Global acquisition financing reached $919.1 billion so far in 2016, compared with 2015’s $1 trillion.

Term Loan B
Aside from corporate M&As, activity in private equity leveraged buyouts may also support the market with term loan B products, which traditionally target institutional investors.
The so-called TLBs, popular in the U.S. and European leveraged finance markets, usually carry higher interest rates with only slight amortization throughout the loan tenor and a large balloon payment scheduled near maturity.
“In terms of leveraged finance, we have seen much stronger institutional lender appetite this year, particularly in Australia,” said Ashman. “I would expect that appetite to continue into next year, with growth coming from investors located in Singapore and Hong Kong,” and Barclays is talking to sponsors about structuring TLB products into those markets next year, he said.
APAC loan volumes have stagnated since reaching a record high of $547.9 billion in 2014 as Chinese policy makers have put in place policies to steady the economy and control asset-price bubbles.
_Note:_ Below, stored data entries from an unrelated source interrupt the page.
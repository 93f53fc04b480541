//! The option `-D` with the least value of a symbol (unifdef-tree(1)).
//!
//! In terms of unifdef(1), the value of such a symbol is a byte 255 and the number. No argument
//! has this byte, since arguments are UTF-8. `specs/LeastSymbols.antt` defines the option.

ghost use Rattle.std.specs.Prelude.{◌≡◌, ◌∷◌, IfOk, IfSome, IfNone, false};
ghost use Rattle.ud_args.specs.LeastSymbols.{IsLeastOf, is_least, is_other_relation, has_relation};

use std::alloc::{AllocError, Global};
use ud_cond::is_number;
use ud_model::bytes::{is_name, word_len};

/// A symbol and its least value.
#[derive(Clone, Copy)]
pub(crate) struct LeastSymbol<'a> {
    /// An identifier other than `defined`.
    pub name: &'a [u8],
    /// The least value: a constant, or a `-` and a constant.
    pub number: &'a [u8],
}

/// Returns the symbol of an option that gives the least value of one.
pub(crate) fn least_symbol(letter: char, argument: &[u8]) -> Option<LeastSymbol<'_>>
    ensures symbol { IfSome result (IsLeastOf letter argument.now) }
    ensures none { IfNone result (is_least letter argument.now ≡ false) }
{
    if letter != 'D' {
        return None;
    }
    let length = word_len(argument);
    let name = &argument[..length];
    match &argument[length..] {
        [b'>', b'=', number @ ..] if is_name(name) && is_number(number) => {
            Some(LeastSymbol { name, number })
        }
        _ => None,
    }
}

/// Returns whether an option is `-D` with a relation that gives no least value.
pub(crate) fn is_other_relation(letter: char, argument: &[u8]) -> bool
    ensures { result ≡ is_other_relation letter argument.now }
{
    if letter != 'D' || least_symbol(letter, argument).is_some() {
        return false;
    }
    let length = word_len(argument);
    is_name(&argument[..length]) && has_relation(&argument[length..])
}

/// Returns whether the bytes begin with a relation.
fn has_relation(bytes: &[u8]) -> bool
    ensures { result ≡ has_relation bytes.now }
{
    matches!(bytes, [b'<' | b'>', ..] | [b'!' | b'=', b'=', ..])
}

/// Returns the value of a symbol that is at least `number`.
///
/// # Errors
/// Fails if memory runs out.
pub(crate) fn least_value(alloc: Global, number: &[u8]) -> Result<Vec<u8>, AllocError>
    ensures { IfOk result (λ value. value.items ≡ 255 ∷ number.now) }
{
    let mut value = Vec::from_slice(alloc, b"\xff")?;
    value.extend_from_slice(number)?;
    Ok(value)
}
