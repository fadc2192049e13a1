// The records that set something: each with its line, and what is kept after it.
ghost use Rattle.std.specs.Prelude.{◌≡◌, ℕ, List};
ghost use Rattle.definition.specs.Words.{any_of};
ghost use Rattle.definition.specs.Refusal.{crossed};
ghost use Rattle.definition.specs.Trace.{Loads, Adds, step_of};
ghost use Rattle.trace.specs.Records.{setting_in};
ghost use Rattle.replay.specs.Playing.{ranges_of, state_of, StoredIn, PlayedIn};

use crate::Kept;
use definition::{Range, Registers};
use memory::kept::Full;
use trace::{Line, Setting};

// Kind 01: the registers are kept, unless the family is none.
fn set_registers(kept: &mut Kept, g: Registers) -> Line
    ensures played { (longs c030 c040 : List ℕ) → PlayedIn (step_of (state_of kept.old longs c030 c040) (Loads g)) result kept.new longs c030 c040 }
    ensures ranges { ranges_of kept.new ≡ ranges_of kept.old }
{
    if checks::no_family(g.family) {
        return Line::R { number: 1 };
    }
    kept.registers = g;
    Line::K
}

// Kind 09: a store, unless it lies outside the longs or is not aligned.
fn store(longs: &mut [u32], address: u32, value: u32) -> Line
    ensures { StoredIn longs.old address value result longs.new }
{
    if address % 4 != 0 {
        return Line::R { number: 2 };
    }
    let i = (address / 4) as usize;
    if longs.len() <= i {
        return Line::R { number: 2 };
    }
    longs[i] = value;
    Line::K
}

// Kind 0A: a range is kept, unless it is crossed or there are sixteen.
fn add_range(kept: &mut Kept, range: Range) -> Line
    ensures played { (longs c030 c040 : List ℕ) → PlayedIn (step_of (state_of kept.old longs c030 c040) (Adds range)) result kept.new longs c030 c040 }
    ensures none_crossed { any_of crossed (ranges_of kept.new) ≡ any_of crossed (ranges_of kept.old) }
{
    if range.last < range.first {
        return Line::R { number: 3 };
    }
    match kept.ranges.push(range) {
        Ok(()) => Line::K,
        Err(Full) => Line::R { number: 8 },
    }
}

// What a record that sets something prints, and what is kept after it. No setting makes a crossed range one that is kept.
pub fn set(longs: &mut [u32], kept: &mut Kept, setting: Setting) -> Line
    ensures played { (c030 c040 : List ℕ) → PlayedIn (step_of (state_of kept.old longs.old c030 c040) (setting_in setting)) result kept.new longs.new c030 c040 }
    ensures none_crossed { any_of crossed (ranges_of kept.new) ≡ any_of crossed (ranges_of kept.old) }
{
    match setting {
        Setting::Registers(g) => set_registers(kept, g),
        Setting::Long { address, value } => store(longs, address, value),
        Setting::Range(range) => add_range(kept, range),
    }
}
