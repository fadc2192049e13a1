// A run over a buffer: the records that stand in it whole, one after the other.
ghost use Rattle.std.specs.Prelude.{◌≡◌, ◌⊎◌, true, false, length, IfSome, IfNone, IfOk, OnOk, OnErr};
ghost use Rattle.definition.specs.Words.{any_of};
ghost use Rattle.definition.specs.Refusal.{crossed};
ghost use Rattle.definition.specs.Trace.{Short, Ended, front_of, record_of, is_malformed, step_of};
ghost use Rattle.replay.specs.Playing.{ranges_of, state_of, PlayedIn, Stands, RanIn};

use crate::{Kept, calls, settings};
use cache::atc030::Atc030;
use cache::atc040::Atc040;
use memory::ranges;
use trace::{Line, Malformed, Record};

// Why a run stopped: no whole record is left, the next one is malformed, or there is no room for a line.
#[derive(Clone, Copy)]
pub enum Why {
    Input,
    Malformed,
    Room,
}

// What is kept after a run, how many bytes it read and wrote, and why it stopped.
#[derive(Clone, Copy)]
pub struct Ran {
    pub kept: Kept,
    pub read: usize,
    pub wrote: usize,
    pub why: Why,
}

// Each record is a 2-byte length and its body: the body of the first one, and what is behind it. None where no whole record stands there.
fn front(bytes: &[u8]) -> Option<(&[u8], &[u8])>
    ensures whole { IfSome result (λ r. Stands bytes.now r.0.now r.1.now) }
    ensures none { IfNone result ((front_of bytes.now ≡ Short) ⊎ (front_of bytes.now ≡ Ended)) }
{
    let [high, low, rest @ ..] = bytes else {
        return None;
    };
    let length = u16::from_be_bytes([*high, *low]);
    let n = length as usize;
    if rest.len() < n {
        return None;
    }
    Some(rest.split_at(n))
}

// What one record does, and its line. `any_crossed` says whether a range that is kept is crossed: no record changes that.
fn played(
    c030: &mut Atc030,
    c040: &mut Atc040,
    longs: &mut [u32],
    kept: &mut Kept,
    any_crossed: bool,
    body: &[u8],
) -> Result<Line, Malformed>
    requires { any_crossed ≡ any_of crossed (ranges_of kept.old) }
    ensures ok { IfOk result (λ line. PlayedIn (step_of (state_of kept.old longs.old c030.old c040.old) (record_of body.now)) line kept.new longs.new c030.new c040.new) }
    ensures good { OnOk result (is_malformed (record_of body.now) ≡ false) }
    ensures bad { OnErr result (is_malformed (record_of body.now) ≡ true) }
    ensures stays { OnErr result (state_of kept.new longs.new c030.new c040.new ≡ state_of kept.old longs.old c030.old c040.old) }
    ensures none_crossed { any_of crossed (ranges_of kept.new) ≡ any_of crossed (ranges_of kept.old) }
{
    if let Some(a) = trace::look(body) {
        return Ok(calls::access_line(c030, c040, longs, kept, any_crossed, a));
    }
    match trace::decode(body)? {
        Record::Set(setting) => Ok(settings::set(longs, kept, setting)),
        Record::Call(call) => Ok(calls::make(c030, c040, longs, kept, any_crossed, call)),
    }
}

// Plays the whole records of `input` from its start on, with a line of `out` for each. Whether one of the ranges is crossed is asked once:
// no record changes that.
pub fn run(
    c030: &mut Atc030,
    c040: &mut Atc040,
    longs: &mut [u32],
    kept: Kept,
    input: &[u8],
    out: &mut [u8],
) -> Ran
    ensures { (RanIn (state_of kept longs.old c030.old c040.old) input.now out.old (state_of result.kept longs.new c030.new c040.new) result.read out.new result.wrote result.why) × (any_of crossed (ranges_of result.kept) ≡ any_of crossed (ranges_of kept)) }
{
    let any_crossed = ranges::any_crossed(kept.ranges.as_slice());
    let mut now = kept;
    let mut rest = input;
    let mut wrote: usize = 0;
    let why = loop {
        if out.len() - wrote < 44 {
            break Why::Room;
        }
        let Some((body, after)) = front(rest) else {
            break Why::Input;
        };
        let Ok(line) = played(c030, c040, longs, &mut now, any_crossed, body) else {
            break Why::Malformed;
        };
        wrote = trace::put_line(out, wrote, line);
        rest = after;
    };
    Ran {
        kept: now,
        read: input.len() - rest.len(),
        wrote,
        why,
    }
}
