// The replay: what each record of a trace does and prints, over state that the caller keeps. No input and no output.
#![tactic(auto)]

mod calls;
pub mod run;
mod settings;

ghost use Rattle.std.specs.Prelude.{◌≡◌};
ghost use Rattle.definition.specs.Trace.{first_registers};

use definition::{Registers, Root};
use memory::kept::RangeList;

// What the program keeps beside the caches and the longs: the registers and the ranges.
#[derive(Clone, Copy)]
pub struct Kept {
    pub registers: Registers,
    pub ranges: RangeList,
}

// Registers start as family 30, all else 0; no range.
pub fn first() -> Kept
    ensures { (result.registers ≡ first_registers) × (result.ranges.n ≡ 0) }
{
    let none = Root {
        limit: 0,
        address: 0,
    };
    let registers = Registers {
        family: 30,
        present: false,
        enabled: false,
        tc: 0,
        crp: none,
        srp: none,
        tt0: 0,
        tt1: 0,
        itt0: 0,
        itt1: 0,
        dtt0: 0,
        dtt1: 0,
    };
    Kept {
        registers,
        ranges: RangeList::new(),
    }
}
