// The calls that a record makes, each with the line that it prints.
ghost use Rattle.std.specs.Prelude.{◌≡◌};
ghost use Rattle.definition.specs.Memory.{memory};
ghost use Rattle.definition.specs.Calls.{access, loading, testing, probing, flushing_all, flushing_code, flushing_page, flushing_frame, translation_line, load_line, test_line, probe_line, flush_line};
ghost use Rattle.trace.specs.Lines.{line_in};
ghost use Rattle.trace.specs.Records.{call_in};
ghost use Rattle.cache.specs.Pair.{caches_of};
ghost use Rattle.replay.specs.Playing.{ranges_of, calling_given, CalledIn, Tests};

use crate::Kept;
use cache::atc030::Atc030;
use cache::atc040::Atc040;
use definition::{Access, Flush, Load, Probe, Test, Translation};
use trace::{Call, Line};

// A address count, or F kind cause address count.
fn translation_line(answer: Translation, count: u32) -> Line
    ensures { line_in result ≡ translation_line count answer }
{
    match answer {
        Translation::Address(address) => Line::A { address, count },
        Translation::Fault {
            kind,
            cause,
            address,
        } => Line::F {
            kind: definition::kind_number(kind),
            cause: definition::cause_number(cause),
            address,
            count,
        },
        Translation::Refused(number) => Line::R { number },
    }
}

// L count.
fn load_line(answer: Load, count: u32) -> Line
    ensures { line_in result ≡ load_line count answer }
{
    match answer {
        Load::Loaded => Line::L { count },
        Load::Refused(number) => Line::R { number },
    }
}

// T MMUSR address count.
fn test_line(answer: Test, count: u32) -> Line
    ensures { line_in result ≡ test_line count answer }
{
    match answer {
        Test::Status { mmusr, address } => Line::T {
            mmusr,
            address,
            count,
        },
        Test::Refused(number) => Line::R { number },
    }
}

// A address 0, or N.
fn probe_line(answer: Probe) -> Line
    ensures { line_in result ≡ probe_line answer }
{
    match answer {
        Probe::Address(address) => Line::A { address, count: 0 },
        Probe::Nothing => Line::N,
        Probe::Refused(number) => Line::R { number },
    }
}

// K.
fn flush_line(answer: Flush) -> Line
    ensures { line_in result ≡ flush_line answer }
{
    match answer {
        Flush::Flushed => Line::K,
        Flush::Refused(number) => Line::R { number },
    }
}

// An access. `crossed` is what the caller says of check 3: whether one of the ranges is crossed.
pub fn access_line(
    c030: &mut Atc030,
    c040: &mut Atc040,
    longs: &[u32],
    kept: &Kept,
    crossed: bool,
    a: Access,
) -> Line
    ensures { CalledIn (calling_given crossed kept.now.registers (memory longs.now 0 (ranges_of kept.now)) (caches_of c030.old c040.old) (access a)) result c030.new c040.new }
{
    let g = kept.registers;
    let ranges = kept.ranges.as_slice();
    let o = translate::translate(c030, c040, longs, 0, ranges, crossed, g, a);
    let answer = o.answer;
    translation_line(answer, o.count)
}

// A PLOAD. The 68040 cache stays.
fn load_call(
    c030: &mut Atc030,
    c040: &Atc040,
    longs: &[u32],
    kept: &Kept,
    crossed: bool,
    code: u32,
    write: bool,
    address: u32,
) -> Line
    ensures { CalledIn (calling_given crossed kept.now.registers (memory longs.now 0 (ranges_of kept.now)) (caches_of c030.old c040.now) (loading code write address)) result c030.new c040.now }
{
    let g = kept.registers;
    let ranges = kept.ranges.as_slice();
    let o = load::load(c030, longs, 0, ranges, crossed, g, code, write, address);
    let answer = o.answer;
    load_line(answer, o.count)
}

// A PTEST: no cache is touched.
fn test_call(
    longs: &[u32],
    kept: &Kept,
    crossed: bool,
    code: u32,
    write: bool,
    level: u32,
    address: u32,
) -> Line
    ensures { Tests crossed kept.now.registers (memory longs.now 0 (ranges_of kept.now)) code write level address result }
{
    let g = kept.registers;
    let ranges = kept.ranges.as_slice();
    let o = test::test(longs, 0, ranges, crossed, g, code, write, level, address);
    let answer = o.answer;
    test_line(answer, o.count)
}

// Makes a call that is no access: its line. `crossed` is what the caller says of check 3.
pub fn make(
    c030: &mut Atc030,
    c040: &mut Atc040,
    longs: &[u32],
    kept: &Kept,
    crossed: bool,
    call: Call,
) -> Line
    ensures { CalledIn (calling_given crossed kept.now.registers (memory longs.now 0 (ranges_of kept.now)) (caches_of c030.old c040.old) (call_in call)) result c030.new c040.new }
{
    match call {
        Call::Load {
            code,
            write,
            address,
        } => load_call(c030, c040, longs, kept, crossed, code, write, address),
        Call::Test {
            code,
            write,
            level,
            address,
        } => test_call(longs, kept, crossed, code, write, level, address),
        Call::FlushAll => {
            let answer = flush::flush_all_in(c030, c040);
            flush_line(answer)
        }
        Call::FlushCode { code, mask } => {
            let answer = flush::flush_code_in(c030, code, mask);
            flush_line(answer)
        }
        Call::FlushPage {
            code,
            mask,
            address,
        } => {
            let answer = flush::flush_page_in(c030, code, mask, address);
            flush_line(answer)
        }
        Call::FlushFrame { frame } => {
            let answer = flush::flush_frame_in(c040, frame);
            flush_line(answer)
        }
        Call::Probe {
            own,
            instruction,
            write,
            address,
        } => {
            let answer = probe::probe(c030, c040, kept.registers, own, instruction, write, address);
            probe_line(answer)
        }
    }
}
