// A field written and a field read at each of 16 offsets, in each width from 0 to 64: a line for each, with the octets
// and the number.
#![tactic(auto)]

use bits::bitbuffer::Cursor;
use std::{array, fmt, io};

fn stir(seed: u64) -> u64 {
    let a = seed ^ (seed << 13);
    let b = a ^ (a >> 7);
    let c = b ^ (b << 17);
    let d = c ^ (c << 41);
    d ^ (d >> 9)
}

// The `width` lowest bits of a word.
fn lowest(word: u64, width: u8) -> u64 {
    if width < 64 {
        word % (1 << width)
    } else {
        word
    }
}

// The octets before the trial.
fn filled(offset: u8, width: u8) -> [u8; 11] {
    let front = usize::from(offset) * 7 + usize::from(width) * 3;
    array::from_fn(|i| ((front + i * 29) % 256) as u8)
}

#[derive(Clone, Copy)]
struct Hex<'a>(&'a [u8]);

impl fmt::Display for Hex<'_> {
    fn fmt<W: fmt::Write>(&self, f: &mut fmt::Formatter<W>) -> fmt::Result {
        for octet in self.0 {
            write!(f, "{octet:02x}")?;
        }
        Ok(())
    }
}

// Offset and width are octets, so that no place overflows, whatever they are.
fn trial(rt: &impl Print, offset: u8, width: u8) -> io::Result<()> {
    let mut octets = filled(offset, width);
    let seed = u64::from(offset) * 65 + u64::from(width) + 1;
    let value = lowest(stir(seed), width);
    let at = usize::from(offset);
    let width = usize::from(width);
    let to = Cursor { at, end: 88 };
    let from = Cursor {
        at: at + 3,
        end: 88,
    };
    print!(rt; "{offset} {width} ")?;
    match to.write(&mut octets, value, width) {
        Ok(_) => print!(rt; "{} ", Hex(&octets))?,
        Err(e) => print!(rt; "refused {} ", e.number())?,
    }
    match from.read::<u64>(&octets, width) {
        Ok((v, _)) => println!(rt; "{v:016x}"),
        Err(e) => println!(rt; "refused {}", e.number()),
    }
}

fn main(rt: HostRuntime) -> io::Result<()> {
    for offset in 0..16 {
        for width in 0..=64 {
            trial(&rt, offset, width)?;
        }
    }
    Ok(())
}
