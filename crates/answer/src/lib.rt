// 01's table of answers: what a call on a unit answers, the number of each answer, and how many bytes it sends.
#![tactic(auto)]

ghost use Rattle.std.specs.Prelude.{◌≡◌};
ghost use Rattle.answer.specs.Answers.{number_of, sent_of};

// What a call answers. A reply that is sent has so many bytes, the written first part of a reply buffer.
#[derive(Clone, Copy)]
pub enum Answer {
    // A byte taken, or an empty run closed.
    Taken,
    // A command done: poll set, and poll clear.
    Acked(usize),
    Done,
    // A command refused: poll set, and poll clear.
    Nacked(usize),
    Refused,
    // A run dropped.
    Framing,
    Runt,
    Oversize,
    BadCrc,
    // A sound message for another address.
    Elsewhere,
    // An access to memory not fitted.
    Unfitted,
    // A call refused: the unit's strap, the length of EDAC memory, FRAM, sums, diagnostics, a message or reply buffer, the
    // count of a receiver, the port, and the limit.
    BadStrap,
    BadEdac,
    BadFram,
    BadSums,
    BadDiagnostics,
    BadBuffers,
    BadCount,
    BadPort,
    BadLimit,
}

// 01's number.
impl From<Answer> for u8 {
    ghost from_gives = { λ answer number. number ≡ number_of answer };

    fn from(answer: Answer) -> u8 {
        match answer {
            Answer::Taken => 0,
            Answer::Acked(_) => 1,
            Answer::Done => 2,
            Answer::Nacked(_) => 3,
            Answer::Refused => 4,
            Answer::Framing => 5,
            Answer::Runt => 6,
            Answer::Oversize => 7,
            Answer::BadCrc => 8,
            Answer::Elsewhere => 9,
            Answer::Unfitted => 10,
            Answer::BadStrap => 20,
            Answer::BadEdac => 21,
            Answer::BadFram => 22,
            Answer::BadSums => 23,
            Answer::BadDiagnostics => 24,
            Answer::BadBuffers => 25,
            Answer::BadCount => 26,
            Answer::BadPort => 27,
            Answer::BadLimit => 29,
        }
    }
}

impl Answer {
    // How many bytes of a reply buffer are sent.
    pub fn sent(self) -> usize
        ensures { result ≡ sent_of self }
    {
        match self {
            Answer::Acked(n) | Answer::Nacked(n) => n,
            _ => 0,
        }
    }
}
Chinese borrowers accounted for 28.3 percent of loan volume this year, compared with 20.3 percent in 2015.
As well as project-finance loans, the ‘One Belt, One Road’ initiatives will be able to bring other types of borrowings to the market, according to Phil Lipton, HSBC Holdings Plc’s head of loan syndications for Asia-Pacific in Hong Kong. “There are not just project financings, but also lending opportunities to corporates and suppliers involved in those projects,” he said.